_Information provided_

########################################

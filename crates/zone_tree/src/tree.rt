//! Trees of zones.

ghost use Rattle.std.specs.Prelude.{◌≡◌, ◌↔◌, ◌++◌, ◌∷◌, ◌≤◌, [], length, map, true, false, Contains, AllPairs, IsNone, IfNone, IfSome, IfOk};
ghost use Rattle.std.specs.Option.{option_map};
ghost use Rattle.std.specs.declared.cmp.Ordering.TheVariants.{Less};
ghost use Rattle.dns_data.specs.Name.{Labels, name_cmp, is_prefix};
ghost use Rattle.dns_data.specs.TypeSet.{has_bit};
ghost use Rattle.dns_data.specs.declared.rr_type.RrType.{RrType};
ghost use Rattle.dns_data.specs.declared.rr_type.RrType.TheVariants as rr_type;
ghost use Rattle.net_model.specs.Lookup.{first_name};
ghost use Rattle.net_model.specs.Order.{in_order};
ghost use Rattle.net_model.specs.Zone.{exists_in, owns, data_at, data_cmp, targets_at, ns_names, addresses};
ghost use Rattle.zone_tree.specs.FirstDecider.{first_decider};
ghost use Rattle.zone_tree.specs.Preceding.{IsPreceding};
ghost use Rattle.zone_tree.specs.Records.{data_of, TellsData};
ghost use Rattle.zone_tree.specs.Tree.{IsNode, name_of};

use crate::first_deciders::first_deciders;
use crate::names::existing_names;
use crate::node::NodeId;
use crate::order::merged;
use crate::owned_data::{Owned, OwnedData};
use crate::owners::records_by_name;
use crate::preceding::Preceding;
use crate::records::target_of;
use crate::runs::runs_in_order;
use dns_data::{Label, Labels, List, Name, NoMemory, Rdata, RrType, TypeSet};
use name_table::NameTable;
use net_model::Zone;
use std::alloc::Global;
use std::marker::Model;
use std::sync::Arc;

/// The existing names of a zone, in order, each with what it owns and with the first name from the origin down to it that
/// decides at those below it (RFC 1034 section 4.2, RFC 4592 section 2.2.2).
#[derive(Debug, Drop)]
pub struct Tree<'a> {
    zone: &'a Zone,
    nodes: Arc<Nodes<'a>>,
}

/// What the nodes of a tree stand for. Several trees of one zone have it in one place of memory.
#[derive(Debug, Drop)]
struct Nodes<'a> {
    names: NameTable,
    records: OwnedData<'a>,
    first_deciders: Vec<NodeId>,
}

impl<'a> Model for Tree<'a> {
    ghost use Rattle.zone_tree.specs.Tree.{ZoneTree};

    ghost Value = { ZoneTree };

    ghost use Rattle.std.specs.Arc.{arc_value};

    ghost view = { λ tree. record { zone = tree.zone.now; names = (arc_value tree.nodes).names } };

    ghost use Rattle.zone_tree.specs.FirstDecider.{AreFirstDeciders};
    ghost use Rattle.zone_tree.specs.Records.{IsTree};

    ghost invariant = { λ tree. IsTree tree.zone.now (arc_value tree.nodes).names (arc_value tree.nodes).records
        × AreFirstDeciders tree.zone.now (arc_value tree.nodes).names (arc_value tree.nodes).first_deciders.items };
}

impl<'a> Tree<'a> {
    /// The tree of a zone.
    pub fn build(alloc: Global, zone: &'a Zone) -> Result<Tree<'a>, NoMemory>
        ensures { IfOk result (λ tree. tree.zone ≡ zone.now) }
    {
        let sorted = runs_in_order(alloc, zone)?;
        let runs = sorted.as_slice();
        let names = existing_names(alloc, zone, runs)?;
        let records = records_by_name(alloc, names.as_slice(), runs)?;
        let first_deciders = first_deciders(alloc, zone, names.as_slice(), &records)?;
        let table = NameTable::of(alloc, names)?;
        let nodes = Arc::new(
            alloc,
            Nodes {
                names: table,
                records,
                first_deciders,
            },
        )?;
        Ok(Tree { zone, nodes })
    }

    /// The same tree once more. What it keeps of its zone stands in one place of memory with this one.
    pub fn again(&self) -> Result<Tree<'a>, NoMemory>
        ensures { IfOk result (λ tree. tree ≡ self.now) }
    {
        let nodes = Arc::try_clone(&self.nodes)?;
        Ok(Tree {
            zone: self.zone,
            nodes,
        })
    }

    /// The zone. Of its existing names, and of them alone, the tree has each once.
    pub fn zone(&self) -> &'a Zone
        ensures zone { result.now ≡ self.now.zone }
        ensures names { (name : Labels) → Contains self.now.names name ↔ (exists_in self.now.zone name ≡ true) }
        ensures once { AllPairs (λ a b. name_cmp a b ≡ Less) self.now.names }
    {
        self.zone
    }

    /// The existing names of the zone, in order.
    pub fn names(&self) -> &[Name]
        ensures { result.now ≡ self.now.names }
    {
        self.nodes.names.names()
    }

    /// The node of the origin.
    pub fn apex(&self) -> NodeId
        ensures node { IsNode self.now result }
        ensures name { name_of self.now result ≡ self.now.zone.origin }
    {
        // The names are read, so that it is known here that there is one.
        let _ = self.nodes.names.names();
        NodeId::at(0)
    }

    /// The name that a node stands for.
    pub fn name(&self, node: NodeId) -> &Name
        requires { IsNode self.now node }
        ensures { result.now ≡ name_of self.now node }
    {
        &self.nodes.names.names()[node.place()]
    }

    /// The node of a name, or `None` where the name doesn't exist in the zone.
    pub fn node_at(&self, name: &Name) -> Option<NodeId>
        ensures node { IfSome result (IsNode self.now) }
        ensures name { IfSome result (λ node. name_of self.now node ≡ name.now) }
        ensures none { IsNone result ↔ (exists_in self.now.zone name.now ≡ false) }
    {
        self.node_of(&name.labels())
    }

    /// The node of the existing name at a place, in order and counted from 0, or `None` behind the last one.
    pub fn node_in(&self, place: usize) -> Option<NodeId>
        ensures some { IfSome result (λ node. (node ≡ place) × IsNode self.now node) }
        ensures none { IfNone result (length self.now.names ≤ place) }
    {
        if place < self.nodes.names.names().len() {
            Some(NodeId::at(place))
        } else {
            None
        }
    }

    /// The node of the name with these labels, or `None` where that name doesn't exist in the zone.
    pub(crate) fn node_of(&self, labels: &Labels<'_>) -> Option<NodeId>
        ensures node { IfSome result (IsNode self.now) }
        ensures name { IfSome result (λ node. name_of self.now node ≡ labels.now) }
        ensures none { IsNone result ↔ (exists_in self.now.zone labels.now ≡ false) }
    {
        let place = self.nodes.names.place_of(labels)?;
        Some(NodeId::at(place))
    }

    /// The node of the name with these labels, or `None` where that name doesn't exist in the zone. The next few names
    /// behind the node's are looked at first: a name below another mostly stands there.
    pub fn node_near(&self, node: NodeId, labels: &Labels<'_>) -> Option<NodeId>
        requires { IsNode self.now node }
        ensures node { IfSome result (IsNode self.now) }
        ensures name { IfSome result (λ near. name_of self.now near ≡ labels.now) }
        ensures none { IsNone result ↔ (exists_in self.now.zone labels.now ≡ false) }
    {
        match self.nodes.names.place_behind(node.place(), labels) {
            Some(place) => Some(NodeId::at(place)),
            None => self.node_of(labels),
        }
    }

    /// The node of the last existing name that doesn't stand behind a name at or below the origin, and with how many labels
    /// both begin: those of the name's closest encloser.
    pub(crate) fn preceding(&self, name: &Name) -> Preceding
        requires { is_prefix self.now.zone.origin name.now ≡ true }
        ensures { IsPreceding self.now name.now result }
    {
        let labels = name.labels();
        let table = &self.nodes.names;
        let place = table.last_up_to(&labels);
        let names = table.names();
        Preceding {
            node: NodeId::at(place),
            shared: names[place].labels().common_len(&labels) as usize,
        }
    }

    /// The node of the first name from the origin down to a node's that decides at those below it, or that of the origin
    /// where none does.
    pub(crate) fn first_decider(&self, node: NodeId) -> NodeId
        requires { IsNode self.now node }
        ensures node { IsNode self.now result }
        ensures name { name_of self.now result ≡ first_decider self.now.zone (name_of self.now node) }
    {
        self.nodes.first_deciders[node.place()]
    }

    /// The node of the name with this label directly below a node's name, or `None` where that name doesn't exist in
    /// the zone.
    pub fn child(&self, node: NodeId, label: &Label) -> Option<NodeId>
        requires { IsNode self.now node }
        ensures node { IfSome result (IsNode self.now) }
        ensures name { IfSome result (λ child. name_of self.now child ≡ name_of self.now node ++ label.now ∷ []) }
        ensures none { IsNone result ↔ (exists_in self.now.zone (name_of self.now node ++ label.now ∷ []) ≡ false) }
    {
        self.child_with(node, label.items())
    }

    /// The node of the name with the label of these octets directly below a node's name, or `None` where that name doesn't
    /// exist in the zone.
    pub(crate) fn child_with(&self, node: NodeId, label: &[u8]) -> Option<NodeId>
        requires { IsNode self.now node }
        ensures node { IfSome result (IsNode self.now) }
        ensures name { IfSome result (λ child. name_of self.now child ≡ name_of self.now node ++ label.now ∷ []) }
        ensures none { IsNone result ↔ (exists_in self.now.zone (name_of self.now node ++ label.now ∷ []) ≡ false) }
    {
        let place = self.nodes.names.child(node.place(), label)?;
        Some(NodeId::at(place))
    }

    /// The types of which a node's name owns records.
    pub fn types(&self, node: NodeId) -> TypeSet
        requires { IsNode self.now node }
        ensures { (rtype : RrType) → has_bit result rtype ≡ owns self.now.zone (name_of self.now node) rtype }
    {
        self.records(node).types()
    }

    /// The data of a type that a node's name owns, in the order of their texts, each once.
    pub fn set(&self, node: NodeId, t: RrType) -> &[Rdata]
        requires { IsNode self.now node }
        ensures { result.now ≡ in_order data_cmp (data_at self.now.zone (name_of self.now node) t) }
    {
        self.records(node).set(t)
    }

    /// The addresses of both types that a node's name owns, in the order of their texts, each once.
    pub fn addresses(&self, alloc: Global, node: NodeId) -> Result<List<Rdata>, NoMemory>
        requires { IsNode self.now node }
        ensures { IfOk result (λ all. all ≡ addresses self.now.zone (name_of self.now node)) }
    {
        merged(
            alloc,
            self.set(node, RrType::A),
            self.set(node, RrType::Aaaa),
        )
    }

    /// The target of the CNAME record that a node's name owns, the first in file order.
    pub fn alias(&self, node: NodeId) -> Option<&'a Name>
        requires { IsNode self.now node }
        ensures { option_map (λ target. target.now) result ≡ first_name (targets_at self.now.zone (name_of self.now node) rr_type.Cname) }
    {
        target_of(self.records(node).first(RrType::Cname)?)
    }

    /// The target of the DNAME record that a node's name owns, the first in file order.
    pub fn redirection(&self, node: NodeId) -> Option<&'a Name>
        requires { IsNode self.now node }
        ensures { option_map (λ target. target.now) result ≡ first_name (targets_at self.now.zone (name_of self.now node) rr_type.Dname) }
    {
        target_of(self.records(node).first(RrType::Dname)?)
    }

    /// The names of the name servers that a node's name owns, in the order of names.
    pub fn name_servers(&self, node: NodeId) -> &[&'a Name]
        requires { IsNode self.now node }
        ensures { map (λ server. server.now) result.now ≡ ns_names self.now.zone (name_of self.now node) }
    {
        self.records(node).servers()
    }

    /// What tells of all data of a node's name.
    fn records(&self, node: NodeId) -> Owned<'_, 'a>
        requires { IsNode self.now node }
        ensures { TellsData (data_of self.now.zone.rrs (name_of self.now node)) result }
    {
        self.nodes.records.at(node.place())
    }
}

########################################

_Work order_
Search the data for "length" and list every line in which it occurs.

_Exercise solution_
ghost use Rattle.std.specs.Prelude.{◌≡◌, ◌↔◌, ◌++◌, ◌∷◌, ◌≤◌, [], length, map, true, false, Contains, AllPairs, IsNone, IfNone, IfSome, IfOk};
        ensures none { IfNone result (length self.now.names ≤ place) }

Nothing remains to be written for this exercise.